Bürgerbeteiligung 2.Runde

      düstere Aussichten

      Das angebliche Gewässerentwicklungskonzept wurde von den anwesenden Bürgern durchweg abgelehnt.
      Das bedeutet allerdings nicht, daß die Umsetzung nicht erfolgen wird.
      Die Parallelen zur Müggelspree sind unübersehbar. Das dort umgesetzte Vorgehen soll auf die Löcknitz kopiert werden.
      Der WLV soll mit der Umsetzung beauftragt werden, da es im Kern um die Unterlassung der Unterhaltung geht. Das ist für das LUGV ein kostenloser Weg auch dieses Gebiet zu entsiedeln.
      Das Gebiet ist mittlerweile wasserwirtschaftlich vollkommen vernachlässigt.
      Gewässerschauen nach § 111 BbgWG finden in rechtswidriger Weise nicht statt. Somit ist es nicht verwunderlich, daß alle anwesende Betroffene über zu hohe Grundwasserstände klagten.
      Das Konzept sieht aber noch weitere Wasserstandserhöhungen vor, nicht etwa Senkung.
      Dumme Verwaltung, unfähige Behörden?
      Mitnichten. Die Phenolbelastung der Löcknitz ist allseits bekannt. Die Sanierung allerdings teuer und nicht zum Nulltarif zu haben.
      dieses Problem wurde mal wieder elegant umschifft. Die chemischen Werte der Löcknitz wurden erst gar nicht erfasst. Dabei wäre auch gleich noch die enorm hohe Sulfatbelastung ans Licht gekonmmen.
      In kreativer Weise wird der gute Zustand der Löcknitz anhand von Zeigerarten bewertet. Bis diese in der Löcknitz gesichtet werden möchten die Planer am Oberlauf die Unterhaltung vernachlässigen und den Grundwasserspiegel an die Oberflächte treiben.
      Dieses wird den WLV vermutlich die nächsten hundert Jahre beschäftigen, da diese Zeigerarten vermutlich niemals einwandern und überleben können.

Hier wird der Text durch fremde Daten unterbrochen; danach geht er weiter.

//! What callers need of the declarations of a program, callees first.

ghost use Rattle.std.specs.Prelude.{◌≡◌, ◌<◌, false, true, get_or, min, None, Some, IfOk, is_some, length, map, MatchOption};
ghost use Rattle.lus_tree.specs.View.{word_view};
ghost use Rattle.lus_limits.specs.Calls.{call_view, called_of};
ghost use Rattle.lus_meaning.specs.Program.{all_sites};
ghost use Rattle.lus_limits.specs.Frames.{summary_by_items, ways_of};
ghost use Rattle.lus_limits.specs.SizeCuts.{cut_summary};
ghost use Rattle.lus_limits.specs.Needed.{AreNeedsBy, IsTried, all_known, callee_place, calls_known, held_count, is_known, link_at, sizes_at};
ghost use Rattle.lus_limits.specs.Summaries.{cut, summary_by};
ghost use Rattle.lus_limits.specs.Contracted.{summaries_seen, summary_seen};
ghost use Rattle.lus_streams.specs.Owner.{owner_view};
ghost use Rattle.name_table.specs.Names.{number_of};

use crate::calls::{Call, Way};
use crate::contract_size::SizeSummary;
use crate::frame_size::size_summary;
use crate::sites::calls_of;
use crate::summing::{Link, Summary, cut, summed};
use lus_streams::lookup::with_streams;
use lus_streams::owner::Owner;
use lus_streams::streams::streams_of;
use name_table::NameTable;
use std::alloc::{AllocError, Global};

/// What callers need of a declaration: its counts, and the sizes of its terms.
#[derive(Drop)]
pub(crate) struct Needs {
    pub(crate) counts: Summary,
    pub(crate) sizes: SizeSummary,
}

/// Whether that is known.
fn is_known(known: &[Option<Needs>], number: usize) -> bool
    ensures { result ≡ is_known known.now number }
{
    number < known.len() && known[number].is_some()
}

/// The number of a callee of which the needs are known.
#[tactic(auto, using(crate::proofs::Needed::unnamed_unknown))]
pub(crate) fn place(names: &NameTable, known: &[Option<Needs>], callee: &str) -> Option<usize>
    requires { length known.now ≡ length names.now }
    ensures { MatchOption result (is_known known.now (number_of names.now callee.now) ≡ false)
        (λ i. (i ≡ number_of names.now callee.now) × (is_known known.now i ≡ true)) }
{
    match names.number(callee) {
        Some(number) => {
            if is_known(known, number) {
                Some(number)
            } else {
                None
            }
        }
        None => None,
    }
}

/// How many outputs of a callee a call holds.
fn held(call: &Call<'_>, callee: Owner<'_>) -> usize
    ensures { result ≡ cut (held_count (call_view call.now) (length (owner_view callee.entry).outputs)) }
{
    match call.way {
        Way::Plain | Way::Import => 0,
        Way::Condition => least(call.defaults, callee.outputs().len()),
    }
}

/// The lesser of two numbers, cut.
fn least(left: usize, right: usize) -> usize
    ensures { result ≡ cut (min left right) }
{
    let least = if left < right { left } else { right };
    cut(least)
}

/// The needs with that number.
pub(crate) fn needs_at(known: &[Option<Needs>], number: usize) -> Option<&Needs>
    ensures { MatchOption result (is_known known.now number ≡ false)
        (λ d. (is_known known.now number ≡ true) × (get_or known.now number None ≡ Some d.now)) }
{
    if number < known.len() {
        known[number].as_ref()
    } else {
        None
    }
}

/// How a call is linked to what is known of its callee.
fn link(
    names: &NameTable,
    parts: &[Owner<'_>],
    known: &[Option<Needs>],
    call: &Call<'_>,
) -> Option<Link>
    requires known { length known.now ≡ length names.now }
    requires parts { length parts.now ≡ length names.now }
    ensures { MatchOption result (is_known known.now (callee_place names.now (call_view call.now)) ≡ false)
        (λ l. (is_known known.now (callee_place names.now (call_view call.now)) ≡ true)
        × (l ≡ link_at names.now (map owner_view parts.now) known.now (call_view call.now))) }
{
    let number = place(names, known, &call.callee.text)?;
    let needs = needs_at(known, number)?;
    Some(Link {
        way: call.way,
        held: held(call, parts[number]),
        callee: needs.counts,
    })
}

/// How all calls are linked, if what they call is known.
pub(crate) fn links(
    alloc: Global,
    names: &NameTable,
    parts: &[Owner<'_>],
    known: &[Option<Needs>],
    calls: &[Call<'_>],
) -> Result<Option<Vec<Link>>, AllocError>
    requires known { length known.now ≡ length names.now }
    requires parts { length parts.now ≡ length names.now }
    ensures { IfOk result (λ o. MatchOption o (all_known names.now known.now (map call_view calls.now) ≡ false)
        (λ v. (all_known names.now known.now (map call_view calls.now) ≡ true)
        × (v.items ≡ map (link_at names.now (map owner_view parts.now) known.now) (map call_view calls.now)))) }
{
    let mut links = Vec::new(alloc);
    for call in calls {
        match link(names, parts, known, call) {
            Some(link) => {
                links.push(link)?;
            }
            None => return Ok(None),
        }
    }
    Ok(Some(links))
}

/// The sizes of what is called, where it is known.
fn sizes<'s>(
    alloc: Global,
    names: &NameTable,
    known: &'s [Option<Needs>],
    calls: &[Call<'_>],
) -> Result<Vec<&'s SizeSummary>, AllocError>
    requires known { length known.now ≡ length names.now }
    requires all { all_known names.now known.now (map call_view calls.now) ≡ true }
    ensures { IfOk result (λ v. summaries_seen v.items ≡ map (sizes_at names.now known.now) (map call_view calls.now)) }
{
    let mut sizes = Vec::new(alloc);
    for call in calls {
        let number = place(names, known, &call.callee.text).unwrap();
        let needs = needs_at(known, number).unwrap();
        sizes.push(&needs.sizes)?;
    }
    Ok(sizes)
}

/// The sizes of the terms of a declaration with these calls, whose callees' are those.
#[tactic(auto, using(crate::proofs::Needed::ways_called))]
fn made_sizes(
    alloc: Global,
    owner: Owner<'_>,
    calls: &[Call<'_>],
    sizes: &[&SizeSummary],
) -> Result<SizeSummary, AllocError>
    requires { map call_view calls.now ≡ map called_of (all_sites (owner_view owner)) }
    ensures { IfOk result (λ s. summary_seen s ≡ cut_summary (summary_by_items
        (ways_of (owner_view owner.entry)) (summaries_seen sizes.now) (owner_view owner.entry))) }
{
    let streams = streams_of(alloc, owner)?;
    size_summary(alloc, with_streams(owner, &streams), calls, sizes)
}

/// The needs of a declaration with these calls, which are linked so.
fn made(
    alloc: Global,
    owner: Owner<'_>,
    calls: &[Call<'_>],
    links: &[Link],
    sizes: &[&SizeSummary],
) -> Result<Needs, AllocError>
    requires { map call_view calls.now ≡ map called_of (all_sites (owner_view owner)) }
    ensures counts { IfOk result (λ d. d.counts ≡ summary_by (owner_view owner.entry) links.now) }
    ensures sizes { IfOk result (λ d. summary_seen d.sizes ≡ cut_summary (summary_by_items
        (ways_of (owner_view owner.entry)) (summaries_seen sizes.now) (owner_view owner.entry))) }
{
    let counts = summed(alloc, owner, links)?;
    let sizes = made_sizes(alloc, owner, calls, sizes)?;
    Ok(Needs { counts, sizes })
}

/// The needs of a declaration of which all that it calls is known.
fn linked(
    alloc: Global,
    names: &NameTable,
    parts: &[Owner<'_>],
    known: &[Option<Needs>],
    owner: Owner<'_>,
    calls: &[Call<'_>],
    links: &[Link],
) -> Result<Needs, AllocError>
    requires known { length known.now ≡ length names.now }
    requires called { map call_view calls.now ≡ map called_of (all_sites (owner_view owner)) }
    requires all { all_known names.now known.now (map call_view calls.now) ≡ true }
    requires linked { links.now ≡ map (link_at names.now (map owner_view parts.now) known.now)
        (map call_view calls.now) }
    ensures { IfOk result (λ d. AreNeedsBy names.now (map owner_view parts.now) known.now (owner_view owner.entry) d) }
{
    let _ = parts;
    let sizes = sizes(alloc, names, known, calls)?;
    let needs = made(alloc, owner, calls, links, &sizes)?;
    Ok(needs)
}

/// The needs of a declaration, if those of all that it calls are known.
#[tactic(auto, using(crate::proofs::Needed::same_known))]
fn needs_of(
    alloc: Global,
    names: &NameTable,
    parts: &[Owner<'_>],
    known: &[Option<Needs>],
    owner: Owner<'_>,
) -> Result<Option<Needs>, AllocError>
    requires known { length known.now ≡ length names.now }
    requires parts { length parts.now ≡ length names.now }
    ensures { IfOk result (λ o. MatchOption o (calls_known names.now known.now (owner_view owner.entry) ≡ false)
        (λ d. AreNeedsBy names.now (map owner_view parts.now) known.now (owner_view owner.entry) d)) }
{
    let calls = calls_of(alloc, owner)?;
    match links(alloc, names, parts, known, &calls)? {
        Some(links) => {
            let needs = linked(alloc, names, parts, known, owner, &calls, &links)?;
            Ok(Some(needs))
        }
        None => Ok(None),
    }
}

/// Notes the needs of the declaration with that number, where they are not known and those of all that it
/// calls are; and tells whether they are new.
pub(crate) fn try_one(
    alloc: Global,
    names: &NameTable,
    parts: &[Owner<'_>],
    known: &mut Vec<Option<Needs>>,
    number: usize,
) -> Result<bool, AllocError>
    requires below { number < length parts.now }
    requires known { length known.old.items ≡ length names.now }
    requires parts { length parts.now ≡ length names.now }
    ensures { IfOk result (λ b. IsTried names.now (map owner_view parts.now) known.old.items known.new.items number b) }
{
    if is_known(known, number) {
        return Ok(false);
    }
    match needs_of(alloc, names, parts, known, parts[number])? {
        Some(needs) => {
            known[number] = Some(needs);
            Ok(true)
        }
        None => Ok(false),
    }
}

      Der Weg einer Zeigerart von der Mündung in richtung Quelle:
      - erst muß sich diese Lebensform durch das verockerte und sulfathaltige Wasser der Müggelspree, welches in den Dämeritzsee gelangt, kämpfen
      - dann geht es durch die Schlammbarriere vor der Löcknitzmündung
      - es folgt die Phenolblase im Flakenfließ
      - wer das überlebt kämpft weiter mit der hohen Sulfatbelastung der Löcknitz
      - wieviel Prozent das unbeschadet überleben ist eine spannende Frage.
      Dieser kritische und letzendlich giftige Teil wurde in der Betrachtung der Planer vollkommen ausgelassen, ebenso wie die sozioökonomische Betrachtung.
      Die Anwohner der Seenkette können sich schon jetz auf den Kampf um Badestellen und Stege einstellen.
      Wie solche Beseitigungsmaßnahmen umgesetzt werden, können die Betroffenen in Neu Zittau(Müggelspree) und auch am Schwielochsee erfragen.
      Eine Abkehr von diesen unmenschlichen Planungen wird nicht zu erwarten sein.